The duty of taking care of other people and being responsible for their lives is a heavy burden for anyone to carry; and it can take its toll even among the best of us. In the nursing profession, burnout is a constant threat and is widely implicated for the alarming shortage of nurses that we are experiencing today.
According to the Nursing Shortage Fact Sheet (2007) compiled by the American Association of Colleges of Nursing (AACN), Job burnout and dissatisfaction are driving nurses to leave the profession. Consider these figures compiled by AACN: more than 40% of nurses working in hospitals reported being dissatisfied with their jobs. The study indicates that 1 out of every 3 hospital nurses under the age of 30 are planning to leave their current job in the next year.
Indeed there is no denying the importance of nurses in the health care system as more and more people are availing of health services and are reaping the benefits of the advances in medical technology. As such, burnout deserves careful study in the hopes that it can be prevented or managed.
Literature Review
According to the concept analysis method developed by Walker and Avant (1995), the definition of a concept requires taking into consideration as many contexts as possible.
Only then will it be possible to have an intimate understanding of the concept and thoroughly define all its attributes. As such, a comprehensive literature review was conducted using all possible sources of information such as books, journals, and the Internet using related terms such as burnout, stress, career exhaustion, coping mechanism, job support, and lateral violence. In all the reviews made, the term burnout is consistently associated with loss of interest and motivation for work.
The burnout is often accompanied by a sense of disillusionment and questioning one’s sense of purpose and direction. On a more general sense, the term refers to the loss of interest for any endeavor and a sense of hopelessness for life.
As a springboard for this concept analysis, an internet search was done on the term burnout. Dictionary.com defines burnout as a state of being overworked due to intense activity or prolonged stress.
This leads to fatigue, frustration or lack of interest. Wikipedia, a popular online source of information defines burnout as “a psychological term for the experience of long-term exhaustion and diminished interest usually in the work context. It is also used as an English slang term to mean exhaustion”.
It goes on to say that some workers are more predisposed to burnout, depending on their personality traits (“Wikipedia article about burnout” 2007).

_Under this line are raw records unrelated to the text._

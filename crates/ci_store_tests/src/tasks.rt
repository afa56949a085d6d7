//! What requests and events about tasks do.
use crate::play::{Row, follow};
use crate::steps::{Ask, Step, Tell};
use std::test::Fail;

static TASKS: [Row; 50] = [
    (
        Step::By(1, Ask::TaskNew("F", "3", 0)),
        "2 0; starts 2: 0(3, \"d\")",
    ),
    (
        Step::By(1, Ask::TaskNew("f", "4", 7)),
        "3 0; starts 3: 0(4, \"d\")",
    ),
    (Step::By(1, Ask::TaskHnd("")), "1 0"),
    (Step::By(3, Ask::TaskHnd("")), "3 0"),
    (Step::By(3, Ask::TaskHnd("F")), "2 0"),
    (Step::By(1, Ask::TaskHnd("f")), "2 0"),
    (Step::By(1, Ask::TaskHnd("Two")), "-1 5"),
    (Step::By(1, Ask::TaskHnd("Nobody")), "-1 5"),
    (Step::By(1, Ask::TaskKill(2)), "0 0"),
    (Step::By(2, Ask::SysTime), "can't ask"),
    (Step::By(1, Ask::TaskHnd("F")), "3 0"),
    (Step::By(1, Ask::TaskKill(2)), "1 1"),
    (Step::By(1, Ask::TaskKill(0)), "1 1"),
    (Step::By(1, Ask::TaskKill(-1)), "1 1"),
    (Step::By(1, Ask::TaskKill(4)), "1 1"),
    (Step::By(1, Ask::TaskSuspend(2)), "1 1"),
    (Step::By(1, Ask::TaskSuspend(0)), "1 1"),
    (Step::By(1, Ask::TaskSuspend(-3)), "1 1"),
    (Step::By(1, Ask::TaskResume(2)), "1 1"),
    (Step::By(1, Ask::TaskResume(4)), "1 1"),
    (Step::By(1, Ask::TaskSuspend(3)), "0 0"),
    (Step::By(1, Ask::TaskSuspend(3)), "0 0"),
    (
        Step::Tasks,
        "1 ready, 2 killed, 3 ready suspended, live 1 3",
    ),
    (Step::By(1, Ask::TaskHnd("F")), "3 0"),
    (Step::By(1, Ask::TaskResume(3)), "0 0"),
    (Step::By(1, Ask::TaskResume(3)), "0 0"),
    (Step::Tasks, "1 ready, 2 killed, 3 ready, live 1 3"),
    (Step::By(3, Ask::End(0)), "ends"),
    (Step::Tasks, "1 ready, 2 killed, 3 ended 0, live 1"),
    (Step::By(3, Ask::SysTime), "can't ask"),
    (Step::By(1, Ask::TaskHnd("F")), "-1 5"),
    (Step::By(1, Ask::TaskKill(3)), "1 1"),
    (Step::By(1, Ask::TaskSuspend(1)), "0 0"),
    (
        Step::Tasks,
        "1 ready suspended, 2 killed, 3 ended 0, live 1",
    ),
    (Step::Script(Tell::Suspend(3)), "1 1"),
    (Step::Script(Tell::Suspend(-1)), "1 1"),
    (Step::Script(Tell::Resume(2)), "1 1"),
    (Step::Script(Tell::Resume(0)), "1 1"),
    (Step::Script(Tell::Kill(3)), "1 1"),
    (Step::Script(Tell::Kill(2)), "1 1"),
    (Step::Script(Tell::Kill(-1)), "1 1"),
    (Step::Script(Tell::Resume(1)), "0 0"),
    (Step::Tasks, "1 ready, 2 killed, 3 ended 0, live 1"),
    (Step::Script(Tell::Suspend(1)), "0 0"),
    (Step::Script(Tell::Kill(1)), "0 0"),
    (Step::Tasks, "1 killed suspended, 2 killed, 3 ended 0, live"),
    (Step::Script(Tell::Resume(1)), "1 1"),
    (Step::Script(Tell::Run("Late", "")), "4 0; starts 4: 6()"),
    (Step::By(4, Ask::End(13)), "ends"),
    (
        Step::Tasks,
        "1 killed suspended, 2 killed, 3 ended 0, 4 ended 13, live",
    ),
];

#[test]
fn each_answer_about_a_task(rt: HostRuntime) -> Result<(), Fail> {
    follow(&rt, rt.alloc(), 1, &TASKS)
}

static SUSPENSIONS: [Row; 23] = [
    (Step::By(1, Ask::SemOpen("s", 2)), "1 0"),
    (Step::By(1, Ask::SemWait(1, -1)), "0 0"),
    (Step::By(2, Ask::SemWait(1, -1)), "waits"),
    (Step::By(3, Ask::SemWait(1, -1)), "waits"),
    (Step::Script(Tell::Suspend(2)), "0 0"),
    (
        Step::Tasks,
        "1 ready, 2 waits semaphore 1 suspended, 3 waits semaphore 1, live 1 2 3",
    ),
    (Step::By(2, Ask::SysTime), "can't ask"),
    (Step::By(1, Ask::SemSignal(1)), "0 0; 2 gets 0 0"),
    (
        Step::Tasks,
        "1 ready, 2 ready suspended, 3 waits semaphore 1, live 1 2 3",
    ),
    (Step::By(1, Ask::TaskResume(2)), "0 0"),
    (Step::By(2, Ask::SleepMS(5)), "waits"),
    (Step::By(1, Ask::TaskSuspend(2)), "0 0"),
    (Step::Script(Tell::Tick(5)), "0 0; 2 gets 0 0"),
    (
        Step::Tasks,
        "1 ready, 2 ready suspended, 3 waits semaphore 1, live 1 2 3",
    ),
    (Step::Script(Tell::Resume(2)), "0 0"),
    (Step::By(2, Ask::Enter("a")), "0 0"),
    (Step::By(1, Ask::TaskSuspend(2)), "0 0"),
    (Step::By(1, Ask::Enter("a")), "waits"),
    (Step::Owner("a"), "2"),
    (
        Step::Tasks,
        "1 waits section \"a\", 2 ready suspended, 3 waits semaphore 1, live 1 2 3",
    ),
    (Step::Script(Tell::Resume(2)), "0 0"),
    (Step::By(2, Ask::Leave("a")), "0 0; 1 gets 0 0"),
    (Step::Owner("a"), "1"),
];

#[test]
fn a_suspended_task_keeps_its_place_and_is_answered(rt: HostRuntime) -> Result<(), Fail> {
    follow(&rt, rt.alloc(), 3, &SUSPENSIONS)
}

Another website, Helpguide.org, a trusted non-profit online resource for various health issues, describes burnout as a condition that “reduces your productivity and saps your energy, leaving you feeling increasingly hopeless, powerless, cynical, and resentful. The unhappiness burnout causes can eventually threaten your job, your relationships, and your health”.
The site also made an attempt to make a simple and understandable distinction between stress and burnout. According to the site, stress involves an overwhelming amount of responsibilities that demand too much of you physically and psychologically. However, stress can be controlled with proper time management and often goes away once the task has been accomplished.
Burnout, on the other hand means feeling empty and devoid of motivation. People experiencing burnout often don’t see any hope of positive change in their situations unless they leave and lead a different life. (“Helpguide.org article on burnout” 2007) Prolonged exposure to stressors in the workplace can eventually lead to burnout.
Maslach (2003) attributes this “loss of idealism and passion for one’s job” as something that “results from an incongruence or misfit between the worker and the job.” Maslach further elaborates by stating that the problematic relationship between the person and the work environment is a consistent theme in all studies made about burnout.
This misfit refers to the mismatch between the demands of the job and the capacity of the person to rise up to these demands on a consistent and continuous basis, or if the rewards of the job is not commensurate to the demands being asked of the individual. Balevre made a study that relates maladaptive behavior to the burnout phenomenon.
The paper showed that maladaptive thoughts can be changed with proper help, and this changes the nurses’ negative reactions to a given stimulus, thereby decreasing the resulting burnout phenomenon (2001).